Detection of common defects on oranges using hyperspectral reflectance imaging

To detect various common defects on oranges, a hyperspectral imaging system has been built for acquiring reflectance images from orange samples in the spectral region between 400 and 1000 nm. Oranges with insect damage, wind scarring, thrips scarring, scale infestation, canker spot, copper burn, phytotoxicity, heterochromatic stripe, and normal surface were studied. Hyperspectral images of samples were evaluated using principal component analysis (PCA) with the goal of selecting several wavelengths that could potentially be used in an in-line multispectral imaging system. The third principal component images using six wavelengths (630, 691, 769, 786, 810 and 875 nm) in the visible spectral (VIS) and near-infrared (NIR) regions, or the second principal component images using two wavelengths (691 and 769 nm) in VIS region gave better identification results under investigation. However, the stem-ends were easily confused with defective areas. In order to solve this problem, representative regions of interest (ROIs) reflectance spectra of samples with different types of skin conditions were visually analyzed. The researches revealed that a two-band ratio (R875/R691) image could be used to differentiate stem-ends from defects effectively. Finally, the detection algorithm of defects was developed based on PCA and band ratio coupled with a simple thresholding method. For the investigated independent test samples, accuracies of 91.5% and 93.7% with no false positives were achieved for both sets of selected wavelengths using proposed method, respectively. The disadvantage of this algorithm is that it could not discriminate between different types of defects.

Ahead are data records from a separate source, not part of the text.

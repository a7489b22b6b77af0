//! The whole picture.

ghost use Rattle.std.specs.Prelude.{IfOk, string_bytes};
ghost use Rattle.bound_scan.specs.AnalysisOf.{bound_of};
ghost use Rattle.ceiling_rounds.specs.InRounds.{total_of};
ghost use Rattle.picture_scene.specs.declared.walk.Kind.TheVariants as kinds;
ghost use Rattle.picture_drawing.specs.PictureText.{IsPictureOf};

use crate::of_analysis::of_analysis;
use crate::of_rounds::of_rounds;
use crate::of_run::of_run;
use crate::run::Run;
use base_notes::{Notes, Times};
use bound_scan::Analysis;
use ceiling_rounds::InRounds;
use machine_steps::Verdict;
use picture_drawing::draw;
use picture_scene::Shares;
use read_decks::Deck;
use std::alloc::{AllocError, Global};

/// The picture of an analysis, an SVG document: the drum with the words of the deck and the edges
/// of the worst walk between them, revolutions of the walk, and where all its word times go.
/// It means something where the analysis is of this deck and timing table, and these are the shares
/// of its walk. It begins with the bound, as its title and in large letters, and ends with the
/// shares, in word times; no clause says what stands between. That it is well-formed, and has
/// 1,000,000 bytes at most, is tested.
///
/// # Errors
///
/// [`AllocError`] where there is no memory.
pub fn picture(
    alloc: Global,
    analysis: &Analysis,
    shares: Shares,
    deck: &Deck,
    times: &Times,
) -> Result<String, AllocError>
    ensures { IfOk result (λ picture.
        IsPictureOf kinds.Worst (bound_of analysis.now) shares (string_bytes picture)) }
{
    draw(alloc, &of_analysis(alloc, analysis, shares, deck, times)?)
}

/// The picture of a walk in rounds, beside a ceiling (in word times): the same, but that each piece
/// of the walk is shown once, with its rounds beside it. It means something where the walk and the
/// ceiling are of this deck with this timing table and these notes, and these are the shares of
/// the walk. It begins with what the walk takes and the ceiling, and ends with the shares.
///
/// # Errors
///
/// [`AllocError`] where there is no memory.
pub fn picture_in_rounds(
    alloc: Global,
    walk: &InRounds,
    ceiling: u128,
    shares: Shares,
    deck: &Deck,
    times: &Times,
    notes: &Notes,
) -> Result<String, AllocError>
    ensures { IfOk result (λ picture.
        IsPictureOf (kinds.InRounds ceiling) (total_of walk.now) shares (string_bytes picture)) }
{
    let scene = of_rounds(alloc, walk, ceiling, shares, deck, times, notes)?;
    draw(alloc, &scene)
}

/// The picture of a run with this verdict, of which all steps were taken in: the same as that of an
/// analysis. It means something where the run is of this deck with this timing table, and was held
/// to these notes. It begins with what the run takes, and ends with its shares.
///
/// # Errors
///
/// [`AllocError`] where there is no memory.
pub fn picture_of_run(
    alloc: Global,
    run: Run,
    verdict: &Verdict,
    deck: &Deck,
    times: &Times,
    notes: &Notes,
) -> Result<String, AllocError>
    ensures { IfOk result (λ picture.
        IsPictureOf (kinds.Run verdict.now) run.time run.shares (string_bytes picture)) }
{
    draw(alloc, &of_run(alloc, run, verdict, deck, times, notes)?)
}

► We use a hyperspectral imaging system to detect common defects on oranges. ► PCA based on selected optimal wavebands is effective to detect defects on oranges. ► Band ratio images can be used to differentiate stem-ends from defects on oranges. ► We develop the detection algorithm of defects based on PCA and band ratio method. ► Images at 691, 769 and 875 nm are potential to be used in an in-line system.